After the first session, participants returned within a month (on average, 25 ± 21 days) to complete the functional magnetic resonance imaging (fMRI) session. This session included a second stress paradigm (Montreal imaging stress task (MIST)) interleaved with six blocks of an instrumental reinforcement learning task, with two runs for each stress condition (runs 1 and 2: prestress; runs 3 and 4: during-stress; runs 5 and 6: poststress), thus enabling us to assess the impact of stress on RPE modeling25.

Genotyping and computation of GRS

DNA was extracted from venous whole blood. Genotyping was performed at the Stanley Center for Psychiatric Research at the Broad Institute using the Illumina Infinium PsychArray BeadChip and Birdsee calling algorithm48. Single nucleotide variants (SNVs) were excluded when missing genotypes per SNVs > 5% and missing SNV genotypes per individual > 2%. GRS analyses were performed in PLINK49 based on established procedures described elsewhere50 using imputed genotype data. Imputation was performed using the 1000 Genomes Project Data with an imputation quality score of INFO > 0.8 retained for analysis. The GRS was generated based on the summary statistics from the top 22 SNVs derived from the GWAS of subjective well-being (n = 298,420), depressive symptoms (n = 180,866) and neuroticism (n = 170,911) by Okbay et al.34. After imputation and quality control, the dataset comprised 14 of the 22 SNVs (see Supplementary Table 2). For each SNV we retained the risk allele and the effect size of the association measured as a regression beta value.

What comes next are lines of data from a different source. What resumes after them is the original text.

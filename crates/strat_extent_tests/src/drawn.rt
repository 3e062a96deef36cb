//! Drawn calls, compared with a plain list of 64 blocks.

ghost use Rattle.std.specs.Prelude.{◌<◌, ◌≤◌, length, OnOk};
ghost use Rattle.strat_extent_tests.specs.Held.{AreHeld};

use std::alloc::Global;
use std::process::Abort;
use std::test::Fail;
use strat_base::{Extent, Extents, NoMemory};
use strat_extent::Space;

/// The first block that may be taken.
const FIRST: u32 = 7;

/// The lowest block that is not used, or the number of blocks.
fn first_free(used: &[bool]) -> usize
    ensures { result ≤ length used.now }
{
    for b in 0..used.len() {
        if !used[b] {
            return b;
        }
    }
    used.len()
}

/// Makes the blocks of a run used, as long as each is the lowest that isn't, and tells whether all were.
fn takes_run(used: &mut [bool], run: &Extent) -> bool {
    for i in 0..run.len {
        let b = first_free(used);
        if b >= used.len() || b as u64 != run.start as u64 + i as u64 {
            return false;
        }
        used[b] = true;
    }
    true
}

/// The same of runs.
fn takes_runs(used: &mut [bool], runs: &[Extent]) -> bool {
    for run in runs {
        if !takes_run(used, run) {
            return false;
        }
    }
    true
}

/// Sets the blocks of a run, as far as the list has them.
fn set_run(used: &mut [bool], run: &Extent, value: bool) {
    for i in 0..run.len {
        let b = run.start as usize + i as usize;
        if b < used.len() {
            used[b] = value;
        }
    }
}

/// The same of runs.
fn set_runs(used: &mut [bool], runs: &[Extent], value: bool) {
    for run in runs {
        set_run(used, run, value);
    }
}

/// Whether the list has the blocks of a run, none of them used.
fn is_free_run(used: &[bool], run: &Extent) -> bool {
    for i in 0..run.len {
        let b = run.start as usize + i as usize;
        if b >= used.len() || used[b] {
            return false;
        }
    }
    true
}

/// One past the last block that is used, or the first block.
fn end_in(used: &[bool]) -> usize {
    let mut end = FIRST as usize;
    for b in 0..used.len() {
        if used[b] && b >= end {
            end = b + 1;
        }
    }
    end
}

/// How many blocks of the list are free.
fn free_in(used: &[bool]) -> usize
    ensures { result ≤ length used.now }
{
    let mut count = 0;
    for b in 0..used.len() {
        if !used[b] {
            count += 1;
        }
    }
    count
}

/// Takes n blocks, where the list has as many.
fn take_some(
    space: &mut Space,
    parts: &mut Vec<Extents>,
    used: &mut [bool],
    n: u32,
) -> Result<bool, NoMemory>
    requires kept { AreHeld space.old parts.old.items }
    ensures kept { OnOk result (AreHeld space.new parts.new.items) }
{
    if n == 0 || n > space.free() || n as usize > free_in(used) {
        return Ok(true);
    }
    let part = space.take(n)?;
    let alike = takes_runs(used, part.as_slice());
    parts.push(part)?;
    Ok(alike)
}

/// Gives a part back.
fn give_some(space: &mut Space, parts: &mut Vec<Extents>, used: &mut [bool], i: usize)
    requires kept { AreHeld space.old parts.old.items }
    requires fits { i < length parts.old.items }
    ensures kept { AreHeld space.new parts.new.items }
{
    let part = parts.remove(i);
    set_runs(used, part.as_slice(), false);
    space.give(&part);
}

/// Marks a run, and tells whether the answer is that of the list.
fn mark_some(
    alloc: Global,
    space: &mut Space,
    parts: &mut Vec<Extents>,
    used: &mut [bool],
    run: Extent,
) -> Result<bool, NoMemory>
    requires kept { AreHeld space.old parts.old.items }
    ensures kept { OnOk result (AreHeld space.new parts.new.items) }
{
    let mut part = Extents::new(alloc);
    match part.push(run) {
        Ok(()) => {}
        Err((failed, _)) => return Err(failed),
    }
    let wanted = is_free_run(used, &run);
    let marked = space.mark(&part)?;
    if marked {
        set_run(used, &run, true);
        parts.push(part)?;
    }
    Ok(marked == wanted)
}

/// One drawn call. Marks end below the list's end, so that the list can say which are free.
fn step(
    alloc: Global,
    space: &mut Space,
    parts: &mut Vec<Extents>,
    used: &mut [bool],
    mixed: u32,
) -> Result<bool, NoMemory>
    requires kept { AreHeld space.old parts.old.items }
    ensures kept { OnOk result (AreHeld space.new parts.new.items) }
{
    let rest = mixed / 8;
    match mixed % 8 {
        0 | 1 | 2 => take_some(space, parts, used, rest % 9),
        3 | 4 => {
            let run = Extent {
                start: rest % 56,
                len: (rest / 56) % 8,
            };
            mark_some(alloc, space, parts, used, run)
        }
        _ => {
            let i = rest as usize;
            if parts.len() > 0 {
                give_some(space, parts, used, i % parts.len());
            }
            Ok(true)
        }
    }
}

/// Makes so many drawn calls, and tells how many of them went as the list says.
fn drawn(alloc: Global, used: &mut [bool], count: u32) -> Result<u32, NoMemory> {
    let mut space = Space::new(alloc, FIRST);
    let mut parts = Vec::new(alloc);
    let mut alike = 0;
    for n in 0..count {
        let mixed = n.wrapping_mul(2_654_435_761) >> 9;
        if step(alloc, &mut space, &mut parts, used, mixed)?
            && space.end() as usize == end_in(used)
        {
            alike += 1;
        }
    }
    Ok(alike)
}

#[test]
fn drawn_calls_go_as_in_a_list(rt: HostRuntime) -> Result<(), Fail> {
    let mut used = [false; 64];
    for b in 0..FIRST as usize {
        used[b] = true;
    }
    assert!(rt; drawn(rt.alloc(), &mut used, 2000)? == 2000);
    Ok(())
}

The weighted GRS was generated using the logarithmic-transformed version of the beta value.

MAST (behavioral session)

The MAST51 included a 10-min acute stress phase that combines the physical aspects of immersing one hand in ice water (1–3 °C) from the cold pressor test, with the unpredictability, uncontrollability, negative social-feedback, and mental arithmetic elements of the trier social stress test. To prolong stress, immediately upon MAST completion participants were told by a nonemphatic male study staff that their performance in the math portion was not good enough and that they would need to repeat the task afterwards. Later, participants were informed that repeating the task was not necessary since their performance was “good enough” (i.e., relief was provided). As described in details in recent publications from the current sample25,35, our modified version of the MAST produced highly significant increase in salivary cortisol, negative affect, and state anxiety as well as decreases in positive affect.

MIST (imaging session)

During fMRI, stress was induced using a modified version of the MIST52. This task requires participants to complete arithmetic problems of varying difficulty while their performance was publicly evaluated by strangers. Problems vary in terms of time allotted and difficulty level such that “Easy” runs involved only simple arithmetic problems (e.g., 4 − 0 + 2), whereas “Hard” runs involved more difficult problems and shorter response times (e.g., 65/15 + 27/3). Participants were instructed that they had to maintain an 80% accuracy level. In reality, maintaining 80% was very easy for Easy blocks and made impossible for Hard blocks by increasing difficulty and reducing response times according to individual participants’ accuracy. After Hard blocks, participants were presented with a prerecorded video that was made to believe as a live video-conference call, which showed an unfriendly and impatient experimenter who complained that their performance was not adequately maintained at the 80% level. As described in details in a recent publication from the current sample25, our modified version of the MIST produced highly significant increase in negative affect and decreases in positive affect.

PRT (behavioral session)

The PRT has been described in detail elsewhere12,13,53. In each trial, participants were asked to indicate whether a short or long mouth (or nose) was presented by pressing one of two keys (counterbalanced across subjects). The task included 160 trials, divided into two 80-trial blocks. Each trial started with the presentation of a fixation cross (750–900 ms), followed by a mouthless (or noseless) cartoon face (500 ms); next, either a short or long mouth (or nose) was presented for 100 ms, and the mouthless (or noseless) cartoon face remained for 500 ms. In each block, 32 correct responses were followed by positive feedback (“Correct!! You won 20 cents”), which was displayed for 1500 ms in the center of the screen, followed by a blank screen for 250 ms. To induce a response bias, an asymmetrical reinforcer ratio was used, such that correct responses for the rich stimulus were rewarded three times more frequently than correct responses for the other (“lean”) stimulus (i.e., 24 vs. 8 rewards, respectively). Participants were informed that not all correct responses would be rewarded but were not told that one of the stimuli would be rewarded more frequently.

Instrumental learning task (imaging session)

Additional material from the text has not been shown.